» **Task to carry out**:
Would you copy every line of the listing below that includes the word "from"?

=== Section Start ===

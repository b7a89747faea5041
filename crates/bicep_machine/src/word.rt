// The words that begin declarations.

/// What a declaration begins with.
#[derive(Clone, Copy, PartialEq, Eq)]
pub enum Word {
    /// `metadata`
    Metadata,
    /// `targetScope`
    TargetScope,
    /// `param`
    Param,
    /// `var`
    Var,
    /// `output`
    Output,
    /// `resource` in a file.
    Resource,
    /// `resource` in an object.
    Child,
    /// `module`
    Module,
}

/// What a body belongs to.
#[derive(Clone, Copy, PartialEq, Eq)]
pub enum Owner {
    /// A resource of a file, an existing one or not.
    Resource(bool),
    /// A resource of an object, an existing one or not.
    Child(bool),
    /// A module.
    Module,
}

=== Section End ===
=== Section Start ===

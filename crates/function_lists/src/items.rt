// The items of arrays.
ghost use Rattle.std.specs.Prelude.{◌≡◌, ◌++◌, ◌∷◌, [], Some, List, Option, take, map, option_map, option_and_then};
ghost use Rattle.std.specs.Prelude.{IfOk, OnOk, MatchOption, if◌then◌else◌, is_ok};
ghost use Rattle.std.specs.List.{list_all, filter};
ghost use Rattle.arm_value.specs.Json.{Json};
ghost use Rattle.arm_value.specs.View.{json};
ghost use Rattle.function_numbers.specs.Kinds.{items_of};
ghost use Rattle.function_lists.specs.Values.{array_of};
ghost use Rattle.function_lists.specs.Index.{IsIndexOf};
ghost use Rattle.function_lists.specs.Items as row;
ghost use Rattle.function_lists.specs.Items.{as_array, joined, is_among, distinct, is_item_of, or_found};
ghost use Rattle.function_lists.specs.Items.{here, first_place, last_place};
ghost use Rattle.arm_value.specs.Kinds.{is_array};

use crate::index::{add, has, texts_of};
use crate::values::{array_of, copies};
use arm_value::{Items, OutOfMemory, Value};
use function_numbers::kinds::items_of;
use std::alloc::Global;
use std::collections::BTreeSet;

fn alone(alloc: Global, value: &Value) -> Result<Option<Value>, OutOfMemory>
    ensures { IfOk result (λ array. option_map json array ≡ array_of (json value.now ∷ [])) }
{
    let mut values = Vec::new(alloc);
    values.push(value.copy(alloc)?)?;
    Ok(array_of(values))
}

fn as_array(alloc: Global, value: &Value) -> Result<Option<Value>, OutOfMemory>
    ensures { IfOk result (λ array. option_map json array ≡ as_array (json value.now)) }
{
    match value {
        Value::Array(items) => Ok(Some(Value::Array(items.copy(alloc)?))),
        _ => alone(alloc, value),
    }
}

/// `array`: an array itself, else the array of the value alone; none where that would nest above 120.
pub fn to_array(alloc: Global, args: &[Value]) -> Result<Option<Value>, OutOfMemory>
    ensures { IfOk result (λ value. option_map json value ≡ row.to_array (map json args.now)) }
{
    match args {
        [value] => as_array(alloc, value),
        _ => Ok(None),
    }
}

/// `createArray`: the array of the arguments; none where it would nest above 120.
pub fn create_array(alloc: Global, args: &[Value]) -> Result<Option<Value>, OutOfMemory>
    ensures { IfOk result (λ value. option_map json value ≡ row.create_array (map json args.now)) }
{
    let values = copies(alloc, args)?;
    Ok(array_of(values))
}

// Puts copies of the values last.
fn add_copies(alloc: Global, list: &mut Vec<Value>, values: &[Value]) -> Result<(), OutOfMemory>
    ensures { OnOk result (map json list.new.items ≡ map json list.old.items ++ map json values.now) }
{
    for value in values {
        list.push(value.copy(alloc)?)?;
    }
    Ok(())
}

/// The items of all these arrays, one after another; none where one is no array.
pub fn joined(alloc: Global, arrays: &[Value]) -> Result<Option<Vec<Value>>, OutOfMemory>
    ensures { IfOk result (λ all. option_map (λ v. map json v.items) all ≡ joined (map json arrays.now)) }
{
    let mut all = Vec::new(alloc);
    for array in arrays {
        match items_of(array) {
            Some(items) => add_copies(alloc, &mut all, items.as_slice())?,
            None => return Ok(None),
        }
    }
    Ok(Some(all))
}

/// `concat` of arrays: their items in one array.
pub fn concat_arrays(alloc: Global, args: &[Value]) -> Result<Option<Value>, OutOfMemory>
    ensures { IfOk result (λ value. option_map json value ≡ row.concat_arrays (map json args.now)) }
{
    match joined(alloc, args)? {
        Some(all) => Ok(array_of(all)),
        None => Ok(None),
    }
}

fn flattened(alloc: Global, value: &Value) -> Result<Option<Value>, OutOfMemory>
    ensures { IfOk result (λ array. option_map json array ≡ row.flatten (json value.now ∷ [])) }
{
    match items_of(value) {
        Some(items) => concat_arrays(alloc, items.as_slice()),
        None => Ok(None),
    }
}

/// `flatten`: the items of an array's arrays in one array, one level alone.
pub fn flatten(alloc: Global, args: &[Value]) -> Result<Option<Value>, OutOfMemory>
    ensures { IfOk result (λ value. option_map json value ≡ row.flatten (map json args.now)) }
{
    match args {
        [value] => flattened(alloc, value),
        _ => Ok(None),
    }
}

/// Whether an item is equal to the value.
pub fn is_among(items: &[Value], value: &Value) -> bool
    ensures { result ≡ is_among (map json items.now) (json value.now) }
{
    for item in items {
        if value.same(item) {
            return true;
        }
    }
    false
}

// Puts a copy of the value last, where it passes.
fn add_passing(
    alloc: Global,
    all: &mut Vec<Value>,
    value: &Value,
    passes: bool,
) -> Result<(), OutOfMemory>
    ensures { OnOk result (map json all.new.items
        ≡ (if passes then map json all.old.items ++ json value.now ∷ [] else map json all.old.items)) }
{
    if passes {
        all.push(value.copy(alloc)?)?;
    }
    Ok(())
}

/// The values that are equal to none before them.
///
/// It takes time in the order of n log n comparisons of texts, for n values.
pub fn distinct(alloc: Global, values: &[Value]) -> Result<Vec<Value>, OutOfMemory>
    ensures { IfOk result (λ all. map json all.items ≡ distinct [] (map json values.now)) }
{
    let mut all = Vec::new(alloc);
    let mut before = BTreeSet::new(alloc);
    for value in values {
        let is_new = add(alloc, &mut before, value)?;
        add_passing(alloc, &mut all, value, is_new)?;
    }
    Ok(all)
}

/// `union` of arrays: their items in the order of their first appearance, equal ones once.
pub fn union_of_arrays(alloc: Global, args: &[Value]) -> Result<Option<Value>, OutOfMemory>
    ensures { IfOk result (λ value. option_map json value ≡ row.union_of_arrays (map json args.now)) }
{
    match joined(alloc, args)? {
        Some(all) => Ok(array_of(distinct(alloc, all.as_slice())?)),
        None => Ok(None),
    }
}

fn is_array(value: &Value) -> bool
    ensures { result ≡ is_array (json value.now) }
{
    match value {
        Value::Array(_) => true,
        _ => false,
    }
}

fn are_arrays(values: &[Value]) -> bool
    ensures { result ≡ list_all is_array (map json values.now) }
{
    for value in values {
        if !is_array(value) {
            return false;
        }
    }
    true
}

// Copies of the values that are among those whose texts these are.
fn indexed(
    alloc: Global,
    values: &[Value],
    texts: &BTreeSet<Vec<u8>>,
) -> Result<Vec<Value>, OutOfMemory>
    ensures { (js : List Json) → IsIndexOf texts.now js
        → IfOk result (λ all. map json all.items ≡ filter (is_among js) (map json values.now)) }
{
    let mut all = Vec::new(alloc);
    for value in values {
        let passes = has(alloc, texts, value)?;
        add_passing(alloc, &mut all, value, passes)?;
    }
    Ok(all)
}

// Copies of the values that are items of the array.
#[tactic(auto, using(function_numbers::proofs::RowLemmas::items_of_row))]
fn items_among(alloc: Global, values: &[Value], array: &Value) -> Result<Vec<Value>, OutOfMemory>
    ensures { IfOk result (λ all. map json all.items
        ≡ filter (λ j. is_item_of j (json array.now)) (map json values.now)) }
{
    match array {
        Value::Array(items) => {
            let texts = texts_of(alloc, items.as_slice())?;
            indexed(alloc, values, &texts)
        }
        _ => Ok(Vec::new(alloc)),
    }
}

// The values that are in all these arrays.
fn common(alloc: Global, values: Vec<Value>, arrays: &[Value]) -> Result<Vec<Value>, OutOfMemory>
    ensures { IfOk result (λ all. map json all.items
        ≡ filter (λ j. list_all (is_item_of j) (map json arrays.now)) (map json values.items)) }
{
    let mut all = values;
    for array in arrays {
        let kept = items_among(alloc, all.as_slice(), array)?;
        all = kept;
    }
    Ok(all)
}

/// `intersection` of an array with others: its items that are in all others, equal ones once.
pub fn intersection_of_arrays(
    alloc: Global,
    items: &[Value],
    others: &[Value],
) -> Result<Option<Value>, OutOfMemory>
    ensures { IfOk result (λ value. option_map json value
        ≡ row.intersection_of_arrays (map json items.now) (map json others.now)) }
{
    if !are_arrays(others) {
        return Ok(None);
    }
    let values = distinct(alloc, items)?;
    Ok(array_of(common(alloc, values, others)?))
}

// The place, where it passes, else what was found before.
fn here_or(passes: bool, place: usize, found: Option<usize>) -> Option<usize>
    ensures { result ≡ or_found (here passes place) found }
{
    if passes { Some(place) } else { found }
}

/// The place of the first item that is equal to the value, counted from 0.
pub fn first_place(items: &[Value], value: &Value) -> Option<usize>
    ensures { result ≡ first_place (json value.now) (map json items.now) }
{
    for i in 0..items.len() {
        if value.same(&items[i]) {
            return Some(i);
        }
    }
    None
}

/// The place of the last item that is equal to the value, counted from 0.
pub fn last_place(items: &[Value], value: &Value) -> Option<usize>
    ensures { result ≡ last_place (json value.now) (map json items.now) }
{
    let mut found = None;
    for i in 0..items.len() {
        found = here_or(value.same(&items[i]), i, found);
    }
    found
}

=== Section End ===

» **Task response**:
/// The place of the first item that is equal to the value, counted from 0.
/// The place of the last item that is equal to the value, counted from 0.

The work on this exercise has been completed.